私が考えているのは通貨発行権の自由化です。
なぜそんなことを考えるのか。

始まりは、貧しい人たちの給料が上がらないから。
なぜ上がらないか。
それは人件費がコストになっているから。
可能な限り人件費を払わない方が企業にとってはよろしい。

でもこれはおかしな話です。

給料をもらった労働者が、消費者となって企業の製品を買うのだから、労働者の賃金を低くカットするということは、企業製品が売れなくなるということでもあります。
しかし多くの企業がこの理屈を理解していても給料をカットします。

仮に企業が労働者に賃金を多く払おう、そしてウチの製品を買ってもらおうじゃないか、としても、そのお金でライバル企業の製品を買うかもしれません。
(自動車会社の人は本当に自分の会社の車を買っているのでしょうか?)

でももし企業が自社マネーを発行できたら?
そしてその自社マネーを使って賃金を払えば? 
賃金は実質ゼロになります。
そして自社マネーで買えるのが自分の会社の製品であれば? 
必ず自社製品が売れます。
その際には自社マネーが会社に戻ってくるわけです。

かくて賃金は負債ではなく資産に計上されるようになります。
こうなれば各社争って賃金を上げるでしょう。

もちろんその企業の環境的体力が許す限りですが。
(ちなみに円やドルは会計的には政府の負債の扱いです)

こんなのうまくいくわけがない! でしょうか?
ですが円やドルも基本的には同じ仕組みです。
皆さんは一万円札に本当に一万円の価値があると思ってますか?
原価はいくらくらいでしょうか?
ハイパーインフレが起こる仕組みをご存じでしょうか?

これを最初にコメントしたときには、いくつかの反論がありました。


1:鉱山通貨ペリカみたいなのが出てきて労働者が搾取される。


(鉱山通貨ペリカというのはとあるマンガに出てきた不当に安い通貨です)

 対策:でも、単に法律で禁止すればいいだけでは?
(もっというと、ズルをしたくても不可能な制度設計もできますが、ここでは詳細を論じるのは止めときます)

2:自社製品は消費者に買ってもらうようなものばかりとは限らない。例えば水道プラントを作ってる会社はどうなる?

対策:通貨カルテルを作らせればよい。
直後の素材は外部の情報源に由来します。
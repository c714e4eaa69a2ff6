//! The items of a slice, each encoded as what a closure returns for it.
ghost use Rattle.std.specs.Prelude.{◌≡◌};

use crate::encode::values::Values;
use crate::encode::values::mapped::Slice;
use std::convert::AsSlice;

/// Creates an encoder of the items of `value`, each as what `f` returns for it.
pub fn slice<T: AsSlice<U>, F: Fn(&U) -> V, U, V: Values>(value: T, f: F) -> Slice<T, F, U, V>
    ensures value { result.value ≡ value }
    ensures closure { result.f ≡ f }
{
    Slice::new(value, f)
}
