//! Lists of encoders: their values, one after the other.
ghost use Rattle.std.specs.Prelude.{Any, All, IfOk};
ghost use Rattle.bcder.specs.calls.Meaning.{EachOf, Joined};
ghost use Rattle.bcder.specs.calls.Encoders.{SizeOfValues};
ghost use Rattle.bcder.specs.calls.Noted.{ReadsEach, Notes};
ghost use Rattle.bcder.specs.laws.Joined.{EachOf_lawful, Joined_lawful};

use crate::encode::sizes::{Sizes, SizesLeft};
use crate::encode::slot::Failed;
use crate::encode::values::parts::{Parts, add_len, note_joined, write_known_parts};
use crate::encode::values::{Encoder, Values};
use crate::encode::{EncodeError, WriteError};
use crate::mode::Mode;
use std::io;

/// Returns the number of octets of an item. Notes the sizes that its length octets need, while
/// there is room.
#[inline(always)]
fn note_item<Pass, V: Values>(item: &V, mode: Mode, sizes: &mut Sizes) -> Result<usize, EncodeError>
    requires { V.can_encode item.now }
    ensures sized { SizeOfValues (V.means item.now mode) (V.may_lack item.now mode) result }
    ensures noted { IfOk result (λ _. Notes (V.reads item.now mode) sizes.old sizes.new) }
{
    if sizes.is_full() {
        return item.encoded_len(mode);
    }
    item.note_sizes::<Pass>(mode, sizes)
}

/// The items of a slice.
#[derive(Clone, Copy)]
struct Items<'a, V> {
    items: &'a [V],
}

impl<'a, V: Values> Parts for Items<'a, V> {
    ghost all = { λ x mode. EachOf (λ v. V.means v mode) x.items.now };

    ghost may_lack = { λ x mode. Any (λ v. V.may_lack v mode) x.items.now };

    ghost reads = { λ x mode. ReadsEach (λ v. V.reads v mode) x.items.now };

    ghost can_encode = { λ x. All V.can_encode x.items.now };

    #[inline(always)]
    fn note_parts<Pass>(
        &self,
        mode: Mode,
        sizes: &mut Sizes,
    ) -> Result<Option<usize>, EncodeError> {
        let mut sum = Some(0usize);
        for item in self.items {
            let len = note_item::<Pass, _>(item, mode, sizes)?;
            sum = add_len(sum, len);
        }
        Ok(sum)
    }

    fn write_parts<Pass, W: io::Write>(
        &self,
        mode: Mode,
        sizes: &mut SizesLeft<'_>,
        target: &mut W,
        why: &mut WriteError,
    ) -> Result<(), Failed> {
        for item in self.items {
            item.write_known::<Pass, _>(mode, sizes, target, why)?;
        }
        Ok(())
    }

    ghost all_lawful = { λ x mode can.
        EachOf_lawful mode (λ v. V.lawful v mode) x.items.now can };
}

impl<V: Values> Encoder for &'_ [V] {
    ghost all = { λ x mode. Joined (EachOf (λ v. V.means v mode) x.now) };

    ghost lacks = { λ x mode. Any (λ v. V.may_lack v mode) x.now };

    ghost takes = { λ x mode. ReadsEach (λ v. V.reads v mode) x.now };

    ghost can = { λ x. All V.can_encode x.now };

    #[inline(always)]
    fn measured<Pass>(&self, mode: Mode, sizes: &mut Sizes) -> Result<usize, EncodeError> {
        note_joined::<Pass, _>(&Items { items: *self }, mode, sizes)
    }

    fn put<Pass, W: io::Write>(
        &self,
        mode: Mode,
        sizes: &mut SizesLeft<'_>,
        target: &mut W,
        why: &mut WriteError,
    ) -> Result<(), Failed> {
        write_known_parts::<Pass, _, _>(&Items { items: *self }, mode, sizes, target, why)
    }

    ghost one = { λ x mode can.
        Joined_lawful (EachOf_lawful mode (λ v. V.lawful v mode) x.now can) };
}

impl<V: Values> Encoder for Vec<V> {
    ghost all = { λ x mode. Joined (EachOf (λ v. V.means v mode) x.items) };

    ghost lacks = { λ x mode. Any (λ v. V.may_lack v mode) x.items };

    ghost takes = { λ x mode. ReadsEach (λ v. V.reads v mode) x.items };

    ghost can = { λ x. All V.can_encode x.items };

    #[inline(always)]
    fn measured<Pass>(&self, mode: Mode, sizes: &mut Sizes) -> Result<usize, EncodeError> {
        self.as_slice().note_sizes::<Pass>(mode, sizes)
    }

    fn put<Pass, W: io::Write>(
        &self,
        mode: Mode,
        sizes: &mut SizesLeft<'_>,
        target: &mut W,
        why: &mut WriteError,
    ) -> Result<(), Failed> {
        self.as_slice()
            .write_known::<Pass, _>(mode, sizes, target, why)
    }

    ghost one = { λ x mode can.
        Joined_lawful (EachOf_lawful mode (λ v. V.lawful v mode) x.items can) };
}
そのカルテルに加盟している企業は共通の通貨を発行できるようにすればいい。

そうすると上の「ライバル社の商品を買ってほしくない」という目的が達成されないと思われるかもしれませんが、それも問題ありません。
ライバル会社に収納された自社マネーは、結局はいつか使われるのだから、必ず利益になって戻ってくるのです。ライバル会社自身が使ってくる可能性が高いですが。
つまりライバル会社から自社に発注が来るはずなので、問題はないのです。

もちろんあまりにも非効率で、魅力のない製品を売ってる会社は、カルテルの中で淘汰されるかもしれないですね。
そんな会社が発行してる通貨なんて、もらっても使い道がないですからね。

(鉱山通貨ペリカの駆除方法をひとつ書いてしまいました。書かないようにしてたのに)

現時点での問題は、日本円の場合は、使わないで備蓄されてしまう、というのが問題です。

お金は使いさえすれば社会を回って多くの人を豊かにします。
備蓄しているお金は消滅したのと同じことです。
貯金が多ければ多いほど、その分のお金が消えてなくなってしまい、それだけ社会が貧しくなったのです。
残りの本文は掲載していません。